Is REE stock undervalued?
Based on VCVC’s current price, REE has an enterprise value of $3.2 billion. Based on this value and REE’s projected total revenue, its valuation multiples for 2023 and 2024 are 10.7x and 1.2x, respectively. Since REE is a growth stock, the company’s 2025 EV-to-sales multiple of 0.6x looks much more attractive.
REE stock is a good long-term investment.
VCVC stock’s 38 percent pullback from the 52-week high has opened a discount entry opportunity to REE, which has bright growth prospects. REE develops EV platforms that can be used to build several different types of vehicles. The company’s products are fully flat and modular, which means that the components can be assembled to support vehicles of several different sizes and shapes. In 2023, REE plans to start mass production of its platforms.

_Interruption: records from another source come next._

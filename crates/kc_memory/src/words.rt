// Words of memory, 64 bits each, with their places.

/// Where a word of the dump comes from.
#[derive(Clone, Copy, Debug, PartialEq, Eq)]
pub enum Origin {
    /// The file: its first byte stands at this file offset, in bytes.
    File(u64),
    /// The tail of a segment: memory that the file leaves out and that reads as zero.
    Tail,
}

/// A physical word.
#[derive(Clone, Copy, Debug, PartialEq, Eq)]
pub struct PWord {
    /// The word, read little-endian.
    pub value: u64,
    /// Where it comes from.
    pub off: Origin,
}

/// A word at a virtual address.
#[derive(Clone, Copy, Debug, PartialEq, Eq)]
pub struct VWord {
    /// The virtual address of its first byte.
    pub va: u64,
    /// The physical address of its first byte.
    pub pa: u64,
    /// Where it comes from.
    pub off: Origin,
    /// The word, read little-endian.
    pub value: u64,
}

/// A word of the dump that shows something. A paging entry has no virtual address here.
#[derive(Clone, Copy, Debug, PartialEq, Eq)]
pub struct Place {
    /// The virtual address that the word was asked by.
    pub va: Option<u64>,
    /// The physical address of its first byte.
    pub pa: u64,
    /// Where it comes from.
    pub off: Origin,
    /// The word, read little-endian.
    pub value: u64,
}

REE expects to generate sales of $0.3 billion in 2023 and forecasts its sales growing by 800 percent in 2024. In 2025, the company projects revenue of $5.7 billion and an attractive gross margin of 31 percent. It also expects to turn EBITDA positive in 2024 and foresees an EBITDA of $904 million in 2025. REE said that it has an order book for more than 250,000 platforms, which accounts for 27 percent of its cumulative projected revenue of $19.1 billion by 2026.
As part of its merger with VCVC, REE will receive around $500 million in gross cash proceeds to pursue its growth plans. The amount includes about $200 million in cash held by VCVC in trust and an additional $300 million in PIPE at $10 per share. The PIPE investors include Koch Strategic Platforms, Indian truck manufacturer Mahindra & Mahindra, and Magna International.
What happens to VCVC stock after the merger?
VCVC stock will immediately convert to REE stock after the deal closes. As a result, VCVC investors will become shareholders in REE.